差异凝胶电泳技术（difference gel electrophoresis，DIGE）是在双向凝胶电泳技术的基础上于1997年形成的一种新技术，其主要步骤为：①用两种不同的荧光染料花青（Cy2、Cy3或Cy5）标记不同的蛋白样品；②等量混合荧光标记后的样品；③使用相同的内标，将混合后的样品经双向凝胶电泳进行分离；④在荧光显微镜下，用不同的波长下来检测荧光。若一种蛋白在两个样品中都有，会发出两种荧光；若只存在于一种样品中，则只发出一种荧光。在进行样品蛋白质差异表达研究的时候，与经典的双向凝胶电泳相比，DIGE更好地消除了实验的偶然误差，避免了胶与胶之间的差异，提高了实验结果的可信度，不影响后续实验，而且灵敏度较高，达到0.1～0.2 μg。但是，荧光染料只能标记在赖氨酸残基上，无法标记、检测到不含赖氨酸的蛋白质。

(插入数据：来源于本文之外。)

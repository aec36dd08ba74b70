// Cells of several units, added.
ghost use Rattle.std.specs.Prelude.{◌+◌, ◌<◌, OnOk};
ghost use Rattle.shared_cell.specs.Combined.{Stands};
ghost use Rattle.bench_units.specs.Cells.{units_of};

use crate::cells::numbered::cell;
use fh_base::NoMemory;
use shared_cell::Mixer;
use std::alloc::Global;

/// Adds the cells of one unit more.
fn add_unit(mixer: &mut Mixer, count: u32, unit: u8) -> Result<(), NoMemory>
    requires units { unit < 7 }
    requires stands { Stands mixer.old (units_of unit count) }
    ensures { OnOk result (Stands mixer.new (units_of (unit + 1) count)) }
{
    for k in 0..count {
        mixer.add(&cell(k))?;
    }
    Ok(())
}

/// Adds the cells of some units, one after the other.
fn add_units(mixer: &mut Mixer, count: u32, units: u8) -> Result<(), NoMemory>
    requires units { units < 8 }
    requires stands { Stands mixer.old (units_of 0 count) }
{
    for unit in 0..units {
        add_unit(mixer, count, unit)?;
    }
    Ok(())
}

/// The sum of all combined cells at element 0, by way of the last place; None where memory ran out or there are 8 units and more.
pub fn run(alloc: Global, count: u32, units: u8) -> Option<i64> {
    if units >= 8 {
        return None;
    }
    let mut mixer = Mixer::make(alloc);
    add_units(&mut mixer, count, units).ok()?;
    let last = mixer.mixed(count.saturating_sub(1) as usize)?;
    Some(last.sums[0].i)
}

毛细管电泳技术（capillary elect rop horesis，CE）是另外一种使用较为广泛的与电泳相关的蛋白质组分分离技术，其主要是在毛细管（内径5～10 μm）中，通过采用0～30 kV连续可调的直流高压，实现对待测混合蛋白样品按电泳迁移率、电荷和分子质量大小等差异进行有效地分离。该技术具有灵敏度高、速度快、成本低、分离范围广、样品需求量低等特点，可用于分离分子量范围不适于双向凝胶电泳技术的蛋白样品。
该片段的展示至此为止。